In this case the Landlord can serve a Counter Notice within 2 months setting out his grounds of opposition, if any, to granting you a new tenancy and his counter proposals for the terms of a new Lease. At this stage, as when served with a Section 25 Notice you will need to decide as soon as you can what you propose doing. If you still wish to renew your tenancy you must apply to the court by the start dated quoted in your Section 26 Request. Again, the date for this can be extended by agreement in writing between Landlord and Tenant.
10. Are there any advantages if I do have to leave the premises as a result of the Landlord proposing renewal on the grounds of redevelopment or own occupation?
The Landlord must pay compensation when you leave the premises as a result of hostile notice served by the Landlord on the grounds of redevelopment or own occupation. Compensation is calculated by reference to the rateable value of the premises. If you have been a Tenant for more than 14 years you will be entitle to twice the rateable value. Under 14 years and compensation is half that, just once the rateable value.
11. I want to renew my Lease. Should I go ahead and serve a Section 26 Request now or wait and see whether the Landlord serves a Section 25 Notice?
The longer the Landlord leaves it to serve a Section 25 the more the potential advantage there is for you by serving a Section 26 Request. If, say, the Landlord has not served a Section 25 Notice several months after he could first have done so you can serve a Section 26 Request giving the maximum 12 months’ notice to expire following the end date stated in your lease. The advantage here is that you will have the certainty of another year’s occupation and this will at the current rent; the later you serve a Section 26 Request the longer this rent advantage will apply.

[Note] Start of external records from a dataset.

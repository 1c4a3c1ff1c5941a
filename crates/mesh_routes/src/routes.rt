//! The routes of a router (RFC 7181, section 19.2).
ghost use Rattle.std.specs.Prelude.{◌≡◌, ℕ, IfOk};
ghost use Rattle.mesh_atoms.specs.declared.addr.Addr4.{Addr4};
ghost use Rattle.mesh_atoms.specs.Routes.{AreRoutes};
ghost use Rattle.mesh_atoms.specs.Sound.{SoundNeighbourhood, SoundTopology};
ghost use Rattle.mesh_atoms.specs.State.{State};

use crate::bases::{graph_of_topology, ways_of};
use crate::firsts::firsts_of;
use crate::hops::RoutingSet;
use crate::owners::owners_of;
use crate::rows::rows_of;
use mesh_atoms::{RouterSettings, host};
use mesh_expire::Bases;
use mesh_nbrs::Near4;
use mesh_paths::search;
use mesh_topo::Topology;
use std::alloc::{AllocError, Global};

/// The routes of a router whose bases are sound at a moment (RFC 7181, section 19.2), which are its routes at each moment at which its neighbourhood
/// is sound, so that nothing is made of the moment: one for each node that a walk over its own graph reaches and that is not its own, at the least
/// cost, with the least parent and the best next hop. Refuses only where an allocation fails. Takes time near n log n in the number n of tuples.
pub fn routes_of<N: Near4, B: Bases>(
    alloc: Global,
    near: &N,
    topology: &Topology<B>,
    settings: &RouterSettings,
    now: u64,
) -> Result<RoutingSet, AllocError>
    requires near { SoundNeighbourhood settings.now now (N.near near.now) }
    requires topology { SoundTopology settings.now now topology.now }
    ensures routes { IfOk result (λ routes. (s : State) (moment : ℕ) → s.settings ≡ settings.now → s.bases.neighbourhood ≡ N.near near.now
        → s.bases.topology ≡ topology.now → s.routes ≡ routes → SoundNeighbourhood settings.now moment (N.near near.now)
        → (self : Addr4) × AreRoutes s moment self) }
{
    let from = host(settings.originator());
    let count = settings.interfaces.len();
    let owners = owners_of(alloc, near)?;
    let graph = graph_of_topology(alloc, near, topology, count, from, &owners)?;
    let certificate = search(alloc, &graph, from)?;
    let firsts = firsts_of(alloc, certificate.rows.as_slice(), from)?;
    let ways = ways_of(alloc, near, count, &owners)?;
    let rows = rows_of(
        alloc,
        settings,
        certificate.rows.as_slice(),
        &firsts,
        &owners,
        &ways,
    )?;
    Ok(RoutingSet::of(rows))
}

12. Will the rent stay the same after the Section 25 Notice or Section 26 Request has expired?
The rent will stay the same unless either Landlord or Tenant has applied to court for an interim rent to be fixed. The earliest date when interim rent will apply is immediately following the expiry date in the Section 25 Notice or Section 26 Request. Interim rent will take effect from whenever an application for it is made but is not usually determined until the court deals with the main application for a new tenancy. It is usually fixed somewhere between the old and new rents, on a sliding basis. If the market rent is likely to be more that the current passing rent it is the Landlord who will wish to apply for an interim rent. The reverse applies if the market rent is likely to be lower than the current passing rent.